Felix is not an isolated case. For example, last week, Marc Andreessen stated on the Latent.Space podcast:

“I think AI is the killer app for cryptocurrency… It’s now clear that AI Agents need funding. That’s already happening… My most aggressive friends using OpenClaw have already handed their bank accounts and credit cards over to their Claws. They’ve done that, and it’s obvious they need to do that… It’s completely obvious. I don’t know how many people are doing it today, maybe around 5,000. But it will grow. That’s how these things start.”

Felix is an experiment. It’s too early to tell whether his revenue is sustainable or just a burst of early-stage growth. But the pattern he represents—a self-sufficient Agent that can make money, spend money, and requires financial services—will recur, whether Felix himself endures or not. Human reliance on their own financial identities is merely a temporary expedient. Ultimately, they will use the Ethereum financial system we’ve only been building for ten years.
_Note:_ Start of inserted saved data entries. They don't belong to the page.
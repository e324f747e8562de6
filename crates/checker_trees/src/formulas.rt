// The check of a compiled formula's tree.
ghost use Rattle.std.specs.Prelude.{◌≡◌, ℕ};
ghost use Rattle.page_meaning.specs.Limits.{most_vertices};
ghost use Rattle.page_formulas.specs.Formulas as spec;
ghost use Rattle.page_sheets.specs.Tree.{check_tree};
ghost use Rattle.program.specs.Compiled.{Compiled, Fine};
ghost use Rattle.checker_nodes.specs.Nodes.{outcome_of};

use crate::trees::{Stage, tree};
use facts::start;
use program::types::Formula;
use refusal::Refusal;

// A formula's tree at the start of the part that is lent.
pub fn formula_tree(f: &Formula, part: &[u8]) -> Result<usize, Refusal>
    requires { Fine f.now }
    ensures { (F : spec.Formula) (base : ℕ) → Compiled f.now F → outcome_of base part.now result ≡ check_tree most_vertices F base part.now }
{
    tree(f, part, &start(&f.vertices), &Stage::first(0))
}
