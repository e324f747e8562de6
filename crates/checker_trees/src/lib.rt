// The trees of a yes sheet: a tree from a node on, and that of a compiled formula.
#![tactic(auto)]

pub mod formulas;
mod trees;
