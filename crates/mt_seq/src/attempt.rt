//! A sequence that may be dropped where an urgent request falls due.

ghost use Rattle.std.specs.Prelude.{◌≡◌, ◌<◌, ◌≤◌, ◌+◌, ◌-◌, ◌^◌, [], IfSome, None, true, false, length, All, map, find, slice_index};
ghost use Rattle.std.specs.List.{range_with_len};
ghost use Rattle.mt_word.specs.Word.{Fits};
ghost use Rattle.mt_fault.specs.Items.{Store, passes};
ghost use Rattle.mt_fault.specs.Projection.{cells_of_fault};
ghost use Rattle.mt_plan.specs.Lists.{cells};
ghost use Rattle.mt_plan.specs.Plan.{IsAccepted, steps_of};
ghost use Rattle.mt_port.specs.Board.{Logs, is_due};
ghost use Rattle.mt_port.specs.Tape.{is_over};
ghost use Rattle.mt_seq.specs.Attempts.{attempt_length, attempt_touches, attempt_verdict, attempt_words, backed_out, dropped_at, part_length};
ghost use Rattle.mt_seq.specs.Laws.{left_words};
ghost use Rattle.mt_seq.specs.Makes.{Makes};
ghost use Rattle.mt_seq.specs.Sequence.{sequence, sequence_hold, sequence_touches, sequence_verdict, sequence_words, IsSoundJob, IsSoundSlice};
ghost use Rattle.mt_seq.specs.Stepping.{job_of};

use crate::access::Access;
use crate::course::Course;
use crate::own::make_own;
use crate::sequence::{Frame, Job, Slice, Verdict, verdict_from};
use arrayvec::ArrayVec;
use mt_plan::{Algorithm, Policy, hold_of, steps};
use mt_port::Port;

/// The first moment after the first access, and before the writes that end a sequence on n cells, at which an offset is reached.
fn first_moment(offset: Option<u32>, count: u32, alg: &Algorithm, n: u8) -> Option<u32>
    requires accepted { IsAccepted alg.now }
    requires some { 1 ≤ n }
    requires small { n ≤ 64 }
    ensures { result ≡ find (λ i. is_due (count + i) offset)
        (range_with_len 1 (n + length (steps_of alg.now n) - 1)) }
{
    let moment = match offset {
        Some(offset) => offset.saturating_sub(count).max(1),
        None => return None,
    };
    let end = u32::from(n) + steps(alg, u32::from(n));
    if moment < end { Some(moment) } else { None }
}

/// After how many accesses an attempt is dropped.
fn dropped_at<P: Port>(
    port: &P,
    alg: &Algorithm,
    frame: Frame,
    slice: Slice,
    may: bool,
) -> Option<u32>
    requires accepted { IsAccepted alg.now }
    requires some { 1 ≤ slice.n }
    requires small { slice.n ≤ 64 }
    ensures { result ≡ dropped_at may (P.state port.now) (job_of alg.now frame) slice }
{
    match frame.policy {
        Policy::NonDestructive => if may {
            first_moment(port.next_urgent(), port.made(), alg, slice.n)
        } else {
            None
        },
        Policy::Destructive => None,
    }
}

/// Writes each saved word back.
pub(crate) fn restore<P: Port>(port: &mut P, slice: Slice, saved: &[u64])
    requires held { (P.state port.old).held ≡ true }
    requires inside { slice.first + slice.n ≤ (P.state port.old).shape.ram }
    requires all { length saved.now ≡ slice.n }
    requires fit { All (Fits (P.state port.old).shape.width) saved.now }
    requires room { (P.state port.old).count + slice.n < 2 ^ 32 }
    ensures { Makes (map (λ cell. Store (slice.first + cell) (slice_index saved.now cell)) (cells slice.n))
        (P.state port.old) (P.state port.new) (P.tape port.old) (P.tape port.new) true }
{
    for cell in 0..slice.n {
        let access = Access::Store {
            addr: slice.first + u32::from(cell),
            word: saved[cell as usize],
        };
        let _ = access.make(port);
    }
}

/// All accesses of the sequence, one after another.
fn make_each<P: Port>(port: &mut P, alg: &Algorithm, frame: Frame, slice: Slice) -> bool
    requires held { (P.state port.old).held ≡ true }
    requires job { IsSoundJob (P.state port.old).shape.width (job_of alg.now frame) }
    requires slice { IsSoundSlice (P.state port.old).shape.ram slice }
    requires room { (P.state port.old).count + sequence_hold (job_of alg.now frame) slice.n < 2 ^ 32 }
    ensures { Makes (sequence (P.state port.old) (job_of alg.now frame) slice)
        (P.state port.old) (P.state port.new) (P.tape port.old) (P.tape port.new) result }
{
    let mut course = Course::new(alg, frame, slice);
    let hold = hold_of(alg, frame.policy, u32::from(slice.n));
    course.run(port, alg, frame, hold);
    !course.differs()
}

/// A sequence that keeps the words, of which the accesses of the fault's cells alone are made, and all are counted.
fn make_decided<P: Port>(
    port: &mut P,
    alg: &Algorithm,
    frame: Frame,
    slice: Slice,
    cells: &[u8],
) -> bool
    requires held { (P.state port.old).held ≡ true }
    requires job { IsSoundJob (P.state port.old).shape.width (job_of alg.now frame) }
    requires slice { IsSoundSlice (P.state port.old).shape.ram slice }
    requires keeps { frame.policy ≡ Policy.NonDestructive }
    requires cells { cells.now ≡ cells_of_fault (P.state port.old).fault slice.first slice.n }
    requires few { length cells.now ≤ 2 }
    requires over { is_over P.keeps (P.tape port.old) (sequence_hold (job_of alg.now frame) slice.n) ≡ true }
    requires room { (P.state port.old).count + sequence_hold (job_of alg.now frame) slice.n < 2 ^ 32 }
    ensures { Makes (sequence (P.state port.old) (job_of alg.now frame) slice)
        (P.state port.old) (P.state port.new) (P.tape port.old) (P.tape port.new) result }
{
    let end = port.made() + hold_of(alg, frame.policy, u32::from(slice.n));
    let good = make_own(port, alg, frame, slice, cells);
    port.count_up_to(end);
    good
}

/// A test that keeps the words of a slice which the fault spares: no access is made, and all are counted.
fn count_whole<P: Port>(port: &mut P, _alg: &Algorithm, _frame: Frame, slice: Slice, hold: u32)
    requires held { (P.state port.old).held ≡ true }
    requires job { IsSoundJob (P.state port.old).shape.width (job_of _alg.now _frame) }
    requires slice { IsSoundSlice (P.state port.old).shape.ram slice }
    requires keeps { _frame.policy ≡ Policy.NonDestructive }
    requires hold { hold ≡ sequence_hold (job_of _alg.now _frame) slice.n }
    requires spared { cells_of_fault (P.state port.old).fault slice.first slice.n ≡ [] }
    requires over { is_over P.keeps (P.tape port.old) hold ≡ true }
    requires room { (P.state port.old).count + hold < 2 ^ 32 }
    ensures { Makes (sequence (P.state port.old) (job_of _alg.now _frame) slice)
        (P.state port.old) (P.state port.new) (P.tape port.old) (P.tape port.new) true }
{
    let end = port.made() + hold;
    port.count_up_to(end);
}

/// A test that keeps the words: if the port says which cells decide it, the accesses of these alone.
fn make_keeping<P: Port>(port: &mut P, alg: &Algorithm, frame: Frame, slice: Slice) -> bool
    requires held { (P.state port.old).held ≡ true }
    requires job { IsSoundJob (P.state port.old).shape.width (job_of alg.now frame) }
    requires slice { IsSoundSlice (P.state port.old).shape.ram slice }
    requires keeps { frame.policy ≡ Policy.NonDestructive }
    requires room { (P.state port.old).count + sequence_hold (job_of alg.now frame) slice.n < 2 ^ 32 }
    ensures { Makes (sequence (P.state port.old) (job_of alg.now frame) slice)
        (P.state port.old) (P.state port.new) (P.tape port.old) (P.tape port.new) result }
{
    let hold = hold_of(alg, frame.policy, u32::from(slice.n));
    match port.cells_to_test(slice.first, slice.n, hold) {
        Some(cells) if cells.is_empty() => {
            count_whole(port, alg, frame, slice, hold);
            true
        }
        Some(cells) => make_decided(port, alg, frame, slice, cells.as_slice()),
        None => make_each(port, alg, frame, slice),
    }
}

/// Writes one word into each cell.
fn fill<P: Port>(port: &mut P, slice: Slice, word: u64)
    requires held { (P.state port.old).held ≡ true }
    requires inside { slice.first + slice.n ≤ (P.state port.old).shape.ram }
    requires fits { Fits (P.state port.old).shape.width word }
    requires room { (P.state port.old).count + slice.n < 2 ^ 32 }
    ensures { Makes (map (λ cell. Store (slice.first + cell) word) (cells slice.n))
        (P.state port.old) (P.state port.new) (P.tape port.old) (P.tape port.new) true }
{
    for cell in 0..slice.n {
        let access = Access::Store {
            addr: slice.first + u32::from(cell),
            word,
        };
        let _ = access.make(port);
    }
}

/// A test that fills a slice which the fault spares: the writes of the fill alone are made, and all accesses are counted.
fn make_fill<P: Port>(port: &mut P, alg: &Algorithm, frame: Frame, slice: Slice)
    requires held { (P.state port.old).held ≡ true }
    requires job { IsSoundJob (P.state port.old).shape.width (job_of alg.now frame) }
    requires slice { IsSoundSlice (P.state port.old).shape.ram slice }
    requires fills { frame.policy ≡ Policy.Destructive }
    requires spared { cells_of_fault (P.state port.old).fault slice.first slice.n ≡ [] }
    requires over { is_over P.keeps (P.tape port.old) (sequence_hold (job_of alg.now frame) slice.n) ≡ true }
    requires room { (P.state port.old).count + sequence_hold (job_of alg.now frame) slice.n < 2 ^ 32 }
    ensures { Makes (sequence (P.state port.old) (job_of alg.now frame) slice)
        (P.state port.old) (P.state port.new) (P.tape port.old) (P.tape port.new) true }
{
    let end = port.made() + hold_of(alg, frame.policy, u32::from(slice.n));
    fill(port, slice, frame.fill);
    port.count_up_to(end);
}

/// A test that fills the slice.
fn make_filling<P: Port>(port: &mut P, alg: &Algorithm, frame: Frame, slice: Slice) -> bool
    requires held { (P.state port.old).held ≡ true }
    requires job { IsSoundJob (P.state port.old).shape.width (job_of alg.now frame) }
    requires slice { IsSoundSlice (P.state port.old).shape.ram slice }
    requires fills { frame.policy ≡ Policy.Destructive }
    requires room { (P.state port.old).count + sequence_hold (job_of alg.now frame) slice.n < 2 ^ 32 }
    ensures { Makes (sequence (P.state port.old) (job_of alg.now frame) slice)
        (P.state port.old) (P.state port.new) (P.tape port.old) (P.tape port.new) result }
{
    let hold = hold_of(alg, frame.policy, u32::from(slice.n));
    match port.cells_to_test(slice.first, slice.n, hold) {
        Some(cells) if cells.is_empty() => {
            make_fill(port, alg, frame, slice);
            true
        }
        _ => make_each(port, alg, frame, slice),
    }
}

/// All accesses of the sequence.
fn make_whole<P: Port>(port: &mut P, alg: &Algorithm, frame: Frame, slice: Slice) -> bool
    requires held { (P.state port.old).held ≡ true }
    requires job { IsSoundJob (P.state port.old).shape.width (job_of alg.now frame) }
    requires slice { IsSoundSlice (P.state port.old).shape.ram slice }
    requires room { (P.state port.old).count + sequence_hold (job_of alg.now frame) slice.n < 2 ^ 32 }
    ensures { Makes (sequence (P.state port.old) (job_of alg.now frame) slice)
        (P.state port.old) (P.state port.new) (P.tape port.old) (P.tape port.new) result }
{
    match frame.policy {
        Policy::NonDestructive => make_keeping(port, alg, frame, slice),
        Policy::Destructive => make_filling(port, alg, frame, slice),
    }
}

/// So many accesses of the sequence, and where the algorithm has begun, the writes of the saved words, one after another.
fn make_part_singly<P: Port>(port: &mut P, alg: &Algorithm, frame: Frame, slice: Slice, until: u32)
    requires held { (P.state port.old).held ≡ true }
    requires job { IsSoundJob (P.state port.old).shape.width (job_of alg.now frame) }
    requires slice { IsSoundSlice (P.state port.old).shape.ram slice }
    requires keeps { frame.policy ≡ Policy.NonDestructive }
    requires until { until < slice.n + length (steps_of alg.now slice.n) }
    requires room { (P.state port.old).count + sequence_hold (job_of alg.now frame) slice.n < 2 ^ 32 }
    ensures { Makes (backed_out (P.state port.old) (job_of alg.now frame) slice until) (P.state port.old)
        (P.state port.new) (P.tape port.old) (P.tape port.new)
        (passes (P.state port.old).fault (P.state port.old).words [] (backed_out (P.state port.old) (job_of alg.now frame) slice until)) }
{
    let mut course = Course::new(alg, frame, slice);
    course.run(port, alg, frame, until);
    if until > u32::from(slice.n) {
        restore(port, slice, course.saved());
    }
}
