//! A sequence under way, without its job.

ghost use Rattle.std.specs.Prelude.{◌≡◌, ◌<◌, ◌≤◌, ◌+◌, ◌-◌, ◌^◌, ℕ, Some, map, length, All, true, if◌then◌else◌, slice_index};
ghost use Rattle.mt_word.specs.Word.{Fits};
ghost use Rattle.mt_fault.specs.Items.{Item, Look, Store};
ghost use Rattle.mt_plan.specs.Accesses.{item_of};
ghost use Rattle.mt_plan.specs.Cursor.{Continues, IsCursor, begins_span, cells_of, made_by, span_of};
ghost use Rattle.mt_plan.specs.Plan.{IsAccepted, steps_of};
ghost use Rattle.mt_seq.specs.Makes.{Makes};
ghost use Rattle.mt_seq.specs.Sequence.{back_of, is_transparent, last_of, saving, sequence_hold};
ghost use Rattle.mt_seq.specs.Stepping.{begun, item_at, item_of_access, job_of, view_of, stepped, place_of, FitsAccess, IsCourse, IsMoved, IsNoLook, IsReady, IsStepOf, RunsOf, progress_of};
ghost use Rattle.mt_seq.specs.declared.sequence.Job.{Job};

use crate::access::{Access, access_of, word_of};
use crate::sequence::{Frame, Slice, verdict_from};
use crate::span::{Base, Ground, each_cell, galpat_base, on_cells, walk_base};
use crate::stepper::Progress;
use arrayvec::ArrayVec;
use mt_plan::{Algorithm, Line, Policy, Steps, spans_are_counted, steps};
use mt_port::Port;
use mt_word::Width;

/// One sequence, as far as it was made: first the saving reads, then the algorithm's accesses from `testing_from` on, and
/// from `ending_from` on the writes that end it. Each call takes the same algorithm and the same frame.
#[derive(Drop)]
pub struct Course {
    slice: Slice,
    made: u32,
    saved: ArrayVec<u64, 64>,
    differs: bool,
    transparent: bool,
    testing_from: u32,
    ending_from: u32,
    steps: Steps,
}

pub(crate) fn is_transparent(alg: &Algorithm) -> bool
    ensures { result ≡ is_transparent alg.now }
{
    match alg {
        Algorithm::TransparentGalpat => true,
        Algorithm::Checkerboard | Algorithm::March(_) | Algorithm::WalkPath | Algorithm::Galpat =>
            false,
    }
}

/// How many saving reads there are.
pub(crate) fn saving_reads(policy: Policy, slice: Slice) -> u32
    ensures count { result ≡ length (saving policy slice) }
    ensures few { result ≤ slice.n }
{
    match policy {
        Policy::NonDestructive => u32::from(slice.n),
        Policy::Destructive => 0,
    }
}
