//! The map.

ghost use Rattle.std.specs.Prelude.{◌≡◌, ◌↔◌, ◌+◌, List, None, if◌then◌else◌, is_some, IsTrue, IfOk, OnOk, OnErr, option_map};
ghost use Rattle.std.specs.Option.{option_copied};
ghost use Rattle.sha2.specs.Sha256.{sha256};
ghost use Rattle.warg_merkle.specs.Trees.{Side};
ghost use Rattle.warg_merkle.specs.SparseMap.Maps.{way_down, map_root, map_path, Leads};
ghost use Rattle.warg_merkle.specs.SparseTree.Nodes.{empty_roots, map_count, Sets};
ghost use Rattle.warg_merkle.specs.SparseTree.Stored.{IsHashed, IsHashed-prop, leaf_count};

use crate::map_proof::MapProof;
use crate::sparse_tree::empties::empty_roots;
use crate::sparse_tree::node::Node;
use std::alloc::{AllocError, Global};

/// A map from keys of 256 bits to bytes, as a sparse Merkle tree that stores a node only where the ways of two keys part.
///
/// An insertion costs the leaf's hash, 255 or 256 hashes of nodes, and those for the root of what its way leaves at a new
/// node: fewer than 48 where no two keys share their first 48 bits. A key takes memory for a leaf of 88 bytes beside its
/// value, and for one node of 136. The roots of empty subtrees take 8 KiB once.
#[derive(Drop)]
pub struct SparseTree {
    alloc: Global,
    empties: Vec<[u8; 32]>,
    node: Node,
    len: usize,
    ghost table: { empties.items ≡ empty_roots sha256 257 },
    ghost hashed: { IsHashed sha256 0 node } by { IsHashed-prop sha256 0 node },
    ghost counted: { len ≡ leaf_count node },
}

impl SparseTree {
    ghost use Rattle.warg_merkle.specs.SparseTree.SparseTree.{map_of};

    /// The map with nothing in it. It takes memory for the roots of empty subtrees.
    pub fn new(alloc: Global) -> Result<SparseTree, AllocError>
        ensures { IfOk result (λ tree. (way : List Side) → map_of tree way ≡ None) }
    {
        Ok(SparseTree {
            alloc,
            empties: empty_roots(alloc)?,
            node: Node::Empty,
            len: 0,
        })
    }

    /// How many keys have a value.
    pub fn len(&self) -> usize
        ensures { result ≡ map_count 256 (map_of self.now) }
    {
        self.len
    }

    /// Whether no key has a value.
    pub fn is_empty(&self) -> bool
        ensures { IsTrue result ↔ (map_count 256 (map_of self.now) ≡ 0) }
    {
        self.len == 0
    }

    /// The map's root.
    pub fn root(&self) -> [u8; 32]
        ensures { result ≡ map_root sha256 256 (map_of self.now) }
    {
        self.node.root(0, self.empties.as_slice())
    }

    /// The value at the key.
    pub fn get(&self, key: &[u8; 32]) -> Option<&[u8]>
        ensures { option_copied result ≡ map_of self.now (way_down key.now) }
    {
        self.node.get(key, 0)
    }

    /// Puts the value at the key, and gives the one that stood there. It is refused where the memory is, or where the
    /// number of keys would pass `usize`.
    pub fn insert(&mut self, key: &[u8; 32], value: Vec<u8>) -> Result<Option<Vec<u8>>, AllocError>
        ensures ok { OnOk result (Sets (map_of self.old) (map_of self.new)
            (way_down key.now) value.items) }
        ensures old { IfOk result (λ old. option_map (λ v. v.items) old ≡
            map_of self.old (way_down key.now)) }
        ensures count { IfOk result (λ old. map_count 256 (map_of self.new) ≡
            map_count 256 (map_of self.old) + (if is_some old then 0 else 1)) }
        ensures err { OnErr result ((way : List Side) → map_of self.new way ≡ map_of self.old way) }
    {
        if self.len == usize::MAX {
            return Err(AllocError);
        }
        let old = self
            .node
            .insert(self.alloc, key, 0, value, self.empties.as_slice())?;
        if old.is_none() {
            self.len += 1;
        }
        Ok(old)
    }

    /// The proof of what stands at the key, or that nothing does.
    pub fn proof(&self, key: &[u8; 32]) -> Result<MapProof, AllocError>
        ensures path { IfOk result (λ proof. proof ≡
            map_path sha256 (map_of self.now) (way_down key.now)) }
        ensures verifies { IfOk result (λ proof.
            Leads sha256 (map_of self.now (way_down key.now)) key.now proof
            (map_root sha256 256 (map_of self.now))) }
    {
        let path = self.node.path(self.alloc, key, 0, self.empties.as_slice())?;
        MapProof::from_path(self.alloc, path.as_slice())
    }
}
Agents are already transacting

So far, discussions around AI Agents and cryptocurrency have almost exclusively focused on payments. Coinbase, Cloudflare, and Stripe have established a foundation to govern x402, an open protocol enabling Agents to make instant stablecoin micro-payments. Stripe and Paradigm have also launched the Machine Payments Protocol on Tempo (a blockchain built specifically for stablecoin settlement).

Data is already substantial. In the first nine months, x402 handled over 140 million Agent-to-Agent transactions, totaling $43 million in volume. x402 now accounts for about one-fifth of the traffic on Coinbase’s Base network. Nearly 16k verified Agents are running on-chain, recording over 400k individual buyer addresses.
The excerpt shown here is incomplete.